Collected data
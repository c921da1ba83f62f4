// Written by bench/kinds.py from crates/kinds.txt: change that and run it.
//! The kinds of nodes.

/// What a node of the syntax tree is: a token, an expression, a piece of markup and so on.
///
/// The order of the variants is the order of the kinds' numbers, from 0 on.
#[derive(Clone, Copy, Debug, PartialEq, Eq, Hash)]
pub enum SyntaxKind {
    /// The end of the tokens: no more of the text is left.
    End,
    /// Text that isn't valid Typst, such as a `)` that nothing opened.
    Error,
    /// A script's first line, for the system that runs it: `#!/usr/bin/env typst`.
    Shebang,
    /// A comment to the end of its line: `// to do`.
    LineComment,
    /// A comment between two marks: `/* to do */`.
    BlockComment,
    /// Markup, as in a file or between brackets: `A *bold* word`.
    Markup,
    /// Plain text: `Hello`.
    Text,
    /// White space. In markup it has at most one line break.
    Space,
    /// A line break within a paragraph: `one \ two`.
    Linebreak,
    /// White space with an empty line, which ends a paragraph.
    Parbreak,
    /// A character that stands for itself, or that is given by its number: `\*`, `\u{2603}`.
    Escape,
    /// Signs in markup that stand for one character: `--`, `~`.
    Shorthand,
    /// A quote, which is set by the rules of the language: `"` or `'`.
    SmartQuote,
    /// Content between stars: `*bold*`.
    Strong,
    /// Content between underscores: `_stressed_`.
    Emph,
    /// Text that is kept as it is written: `` `let x` ``.
    Raw,
    /// The language at the start of a raw text: the `rust` of ```` ```rust fn main``` ````.
    RawLang,
    /// The backticks at either end of a raw text: the two `` ` `` of `` `let x` ``.
    RawDelim,
    /// White space that isn't a part of a raw text: line breaks at its ends, and the indentation of its lines.
    RawTrimmed,
    /// An address that is written out: `https://example.org`.
    Link,
    /// A name by which references find what comes before it: `<intro>`.
    Label,
    /// A reference to a label: `@intro`, `@intro[Chapter]`.
    Ref,
    /// The sign and the label of a reference: the `@intro` of `@intro[Chapter]`.
    RefMarker,
    /// A heading: `= Introduction`.
    Heading,
    /// The signs before a heading, one for each level: the `==` of `== Results`.
    HeadingMarker,
    /// An item of a list with bullets: `- milk`.
    ListItem,
    /// The sign before an item of a list with bullets: the `-` of `- milk`.
    ListMarker,
    /// An item of a numbered list: `+ boil`, `3. serve`.
    EnumItem,
    /// The sign or the number before an item of a numbered list: `+`, `3.`.
    EnumMarker,
    /// A term with its meaning: `/ Leaf: a node without children`.
    TermItem,
    /// The sign before a term: the `/` of `/ Leaf: a node without children`.
    TermMarker,
    /// An equation: `$a^2$` in a line, `$ a^2 $` as a block.
    Equation,
    /// The content of an equation or of a part of one: the `a^2 + b` of `$a^2 + b$`.
    Math,
    /// A character or a number that stands for itself in an equation: `a`, `2.5`, `=`.
    MathText,
    /// A name of two letters or more in an equation: `alpha`.
    MathIdent,
    /// A field of a name in an equation: `arrow.l`.
    MathFieldAccess,
    /// Signs in an equation that stand for one character: `->`, `<=`.
    MathShorthand,
    /// A point at which the lines of an equation are aligned: `&`.
    MathAlignPoint,
    /// A call in an equation: `vec(1, 2)`.
    MathCall,
    /// The arguments of a call in an equation, with their parentheses: the `(1, 2)` of `vec(1, 2)`.
    MathArgs,
    /// A part of an equation between two delimiters: `[a + b]`.
    MathDelimited,
    /// A base with what is above and below it: `x_1^2`.
    MathAttach,
    /// Primes after a base: the `''` of `f''`.
    MathPrimes,
    /// A fraction: `a/b`.
    MathFrac,
    /// A root by its sign: `√x`, `∛x`.
    MathRoot,
    /// The sign that leads from markup into code: `#`.
    Hash,
    /// An opening brace: `{`.
    LeftBrace,
    /// A closing brace: `}`.
    RightBrace,
    /// An opening bracket: `[`.
    LeftBracket,
    /// A closing bracket: `]`.
    RightBracket,
    /// An opening parenthesis: `(`.
    LeftParen,
    /// A closing parenthesis: `)`.
    RightParen,
    /// A comma: `,`.
    Comma,
    /// A semicolon: `;`.
    Semicolon,
    /// A colon: `:`.
    Colon,
    /// A star, around strong content or between factors: `*`.
    Star,
    /// An underscore, around emphasized content or for a part that a pattern skips: `_`.
    Underscore,
    /// The sign at either end of an equation: `$`.
    Dollar,
    /// A plus sign: `+`.
    Plus,
    /// A minus sign: `-`.
    Minus,
    /// A slash, between the two parts of a quotient: `/`.
    Slash,
    /// The sign before the part above a base: `^`.
    Hat,
    /// The dot before a field: `.`.
    Dot,
    /// The sign of a binding or an assignment: `=`.
    Eq,
    /// The operator that asks whether two values are equal: `==`.
    EqEq,
    /// The operator that asks whether two values differ: `!=`.
    ExclEq,
    /// The operator for less: `<`.
    Lt,
    /// The operator for less or equal: `<=`.
    LtEq,
    /// The operator for greater: `>`.
    Gt,
    /// The operator for greater or equal: `>=`.
    GtEq,
    /// The assignment that adds: `+=`.
    PlusEq,
    /// The assignment that subtracts: `-=`.
    HyphEq,
    /// The assignment that multiplies: `*=`.
    StarEq,
    /// The assignment that divides: `/=`.
    SlashEq,
    /// The dots of a spread: `..`.
    Dots,
    /// The arrow between a closure's parameters and its body: `=>`.
    Arrow,
    /// The sign of a root: `√`, `∛`, `∜`.
    Root,
    /// The exclamation mark in an equation: `!`.
    Bang,
    /// The operator `not`.
    Not,
    /// The operator `and`.
    And,
    /// The operator `or`.
    Or,
    /// The value `none`.
    None,
    /// The value `auto`.
    Auto,
    /// The keyword `let`.
    Let,
    /// The keyword `set`.
    Set,
    /// The keyword `show`.
    Show,
    /// The keyword `context`.
    Context,
    /// The keyword `if`.
    If,
    /// The keyword `else`.
    Else,
    /// The keyword `for`.
    For,
    /// The keyword `in`.
    In,
    /// The keyword `while`.
    While,
    /// The keyword `break`.
    Break,
    /// The keyword `continue`.
    Continue,
    /// The keyword `return`.
    Return,
    /// The keyword `import`.
    Import,
    /// The keyword `include`.
    Include,
    /// The keyword `as`.
    As,
    /// The expressions in a code block: the `f(); g()` of `{ f(); g() }`.
    Code,
    /// A name in code: `width`.
    Ident,
    /// A truth value: `true`, `false`.
    Bool,
    /// A whole number: `42`, `0x2a`.
    Int,
    /// A number with a point or an exponent: `0.5`, `1e3`.
    Float,
    /// A number with a unit: `2cm`, `30%`.
    Numeric,
    /// A text between quotes: `"two\nlines"`.
    Str,
    /// Code between braces: `{ let a = 1; a }`.
    CodeBlock,
    /// Markup between brackets: `[A *bold* word]`.
    ContentBlock,
    /// An expression in parentheses: `(a + b)`.
    Parenthesized,
    /// An array: `(1, 2, 3)`.
    Array,
    /// A dictionary: `(width: 2cm, "key": 1)`.
    Dict,
    /// A name with a value: the `width: 2cm` of `(width: 2cm)`.
    Named,
    /// A key that isn't a name, with a value: the `"key": 1` of `("key": 1)`.
    Keyed,
    /// An operator before its operand: `-a`, `not a`.
    Unary,
    /// An operator between two operands: `a + b`, `a in b`.
    Binary,
    /// A field of a value: `page.width`.
    FieldAccess,
    /// A call: `calc.max(a, b)`, `list[A][B]`.
    FuncCall,
    /// The arguments of a call, with content after them: the `(a, size: 2cm)[B]` of `box(a, size: 2cm)[B]`.
    Args,
    /// A value that is spread, or a sink that takes the rest: `..items`.
    Spread,
    /// A function without a name, or one that `let` binds: `(a, b) => a + b`.
    Closure,
    /// The parameters of a closure: the `(a, b: 1)` of `(a, b: 1) => a`.
    Params,
    /// A binding: `let a = 1`, `let f(x) = x`.
    LetBinding,
    /// A rule that sets parameters for what comes after it: `set text(size: 9pt)`.
    SetRule,
    /// A rule that says how elements are shown: `show heading: it => it.body`.
    ShowRule,
    /// An expression that depends on its place in the document: `context text.size`.
    Contextual,
    /// A choice: `if a { b } else { c }`.
    Conditional,
    /// A loop while a condition holds: `while a < 3 { a += 1 }`.
    WhileLoop,
    /// A loop over items: `for a in list { a }`.
    ForLoop,
    /// An import of a module: `import "shapes.typ": circle as ring`.
    ModuleImport,
    /// The items that an import names: the `circle, square` of `import "shapes.typ": circle, square`.
    ImportItems,
    /// The path of an item that an import names: the `round.circle` of `import "shapes.typ": round.circle`.
    ImportItemPath,
    /// An item that an import brings in under another name: the `circle as ring` of `import "shapes.typ": circle as ring`.
    RenamedImportItem,
    /// The content of another file: `include "chapter.typ"`.
    ModuleInclude,
    /// The end of a loop: `break`.
    LoopBreak,
    /// The next round of a loop: `continue`.
    LoopContinue,
    /// The end of a function, with a value or without: `return a`.
    FuncReturn,
    /// A pattern with several parts: the `(a, .., b)` of `let (a, .., b) = list`.
    Destructuring,
    /// An assignment to several places at once: `(a, b) = (b, a)`.
    DestructAssignment,
}

/// All kinds, in the order of their numbers.
pub(crate) const KINDS: [SyntaxKind; 137] = [
    SyntaxKind::End,
    SyntaxKind::Error,
    SyntaxKind::Shebang,
    SyntaxKind::LineComment,
    SyntaxKind::BlockComment,
    SyntaxKind::Markup,
    SyntaxKind::Text,
    SyntaxKind::Space,
    SyntaxKind::Linebreak,
    SyntaxKind::Parbreak,
    SyntaxKind::Escape,
    SyntaxKind::Shorthand,
    SyntaxKind::SmartQuote,
    SyntaxKind::Strong,
    SyntaxKind::Emph,
    SyntaxKind::Raw,
    SyntaxKind::RawLang,
    SyntaxKind::RawDelim,
    SyntaxKind::RawTrimmed,
    SyntaxKind::Link,
    SyntaxKind::Label,
    SyntaxKind::Ref,
    SyntaxKind::RefMarker,
    SyntaxKind::Heading,
    SyntaxKind::HeadingMarker,
    SyntaxKind::ListItem,
    SyntaxKind::ListMarker,
    SyntaxKind::EnumItem,
    SyntaxKind::EnumMarker,
    SyntaxKind::TermItem,
    SyntaxKind::TermMarker,
    SyntaxKind::Equation,
    SyntaxKind::Math,
    SyntaxKind::MathText,
    SyntaxKind::MathIdent,
    SyntaxKind::MathFieldAccess,
    SyntaxKind::MathShorthand,
    SyntaxKind::MathAlignPoint,
    SyntaxKind::MathCall,
    SyntaxKind::MathArgs,
    SyntaxKind::MathDelimited,
    SyntaxKind::MathAttach,
    SyntaxKind::MathPrimes,
    SyntaxKind::MathFrac,
    SyntaxKind::MathRoot,
    SyntaxKind::Hash,
    SyntaxKind::LeftBrace,
    SyntaxKind::RightBrace,
    SyntaxKind::LeftBracket,
    SyntaxKind::RightBracket,
    SyntaxKind::LeftParen,
    SyntaxKind::RightParen,
    SyntaxKind::Comma,
    SyntaxKind::Semicolon,
    SyntaxKind::Colon,
    SyntaxKind::Star,
    SyntaxKind::Underscore,
    SyntaxKind::Dollar,
    SyntaxKind::Plus,
    SyntaxKind::Minus,
    SyntaxKind::Slash,
    SyntaxKind::Hat,
    SyntaxKind::Dot,
    SyntaxKind::Eq,
    SyntaxKind::EqEq,
    SyntaxKind::ExclEq,
    SyntaxKind::Lt,
    SyntaxKind::LtEq,
    SyntaxKind::Gt,
    SyntaxKind::GtEq,
    SyntaxKind::PlusEq,
    SyntaxKind::HyphEq,
    SyntaxKind::StarEq,
    SyntaxKind::SlashEq,
    SyntaxKind::Dots,
    SyntaxKind::Arrow,
    SyntaxKind::Root,
    SyntaxKind::Bang,
    SyntaxKind::Not,
    SyntaxKind::And,
    SyntaxKind::Or,
    SyntaxKind::None,
    SyntaxKind::Auto,
    SyntaxKind::Let,
    SyntaxKind::Set,
    SyntaxKind::Show,
    SyntaxKind::Context,
    SyntaxKind::If,
    SyntaxKind::Else,
    SyntaxKind::For,
    SyntaxKind::In,
    SyntaxKind::While,
    SyntaxKind::Break,
    SyntaxKind::Continue,
    SyntaxKind::Return,
    SyntaxKind::Import,
    SyntaxKind::Include,
    SyntaxKind::As,
    SyntaxKind::Code,
    SyntaxKind::Ident,
    SyntaxKind::Bool,
    SyntaxKind::Int,
    SyntaxKind::Float,
    SyntaxKind::Numeric,
    SyntaxKind::Str,
    SyntaxKind::CodeBlock,
    SyntaxKind::ContentBlock,
    SyntaxKind::Parenthesized,
    SyntaxKind::Array,
    SyntaxKind::Dict,
    SyntaxKind::Named,
    SyntaxKind::Keyed,
    SyntaxKind::Unary,
    SyntaxKind::Binary,
    SyntaxKind::FieldAccess,
    SyntaxKind::FuncCall,
    SyntaxKind::Args,
    SyntaxKind::Spread,
    SyntaxKind::Closure,
    SyntaxKind::Params,
    SyntaxKind::LetBinding,
    SyntaxKind::SetRule,
    SyntaxKind::ShowRule,
    SyntaxKind::Contextual,
    SyntaxKind::Conditional,
    SyntaxKind::WhileLoop,
    SyntaxKind::ForLoop,
    SyntaxKind::ModuleImport,
    SyntaxKind::ImportItems,
    SyntaxKind::ImportItemPath,
    SyntaxKind::RenamedImportItem,
    SyntaxKind::ModuleInclude,
    SyntaxKind::LoopBreak,
    SyntaxKind::LoopContinue,
    SyntaxKind::FuncReturn,
    SyntaxKind::Destructuring,
    SyntaxKind::DestructAssignment,
];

- **TASK DIRECTIONS**:
Above are the records; repeat exactly the lines from the one holding "A loop while" down to the one holding "of their numbers.", end lines included.

- **RESPONSE BOX**:
    /// A loop while a condition holds: `while a < 3 { a += 1 }`.
    WhileLoop,
    /// A loop over items: `for a in list { a }`.
    ForLoop,
    /// An import of a module: `import "shapes.typ": circle as ring`.
    ModuleImport,
    /// The items that an import names: the `circle, square` of `import "shapes.typ": circle, square`.
    ImportItems,
    /// The path of an item that an import names: the `round.circle` of `import "shapes.typ": round.circle`.
    ImportItemPath,
    /// An item that an import brings in under another name: the `circle as ring` of `import "shapes.typ": circle as ring`.
    RenamedImportItem,
    /// The content of another file: `include "chapter.typ"`.
    ModuleInclude,
    /// The end of a loop: `break`.
    LoopBreak,
    /// The next round of a loop: `continue`.
    LoopContinue,
    /// The end of a function, with a value or without: `return a`.
    FuncReturn,
    /// A pattern with several parts: the `(a, .., b)` of `let (a, .., b) = list`.
    Destructuring,
    /// An assignment to several places at once: `(a, b) = (b, a)`.
    DestructAssignment,
}

/// All kinds, in the order of their numbers.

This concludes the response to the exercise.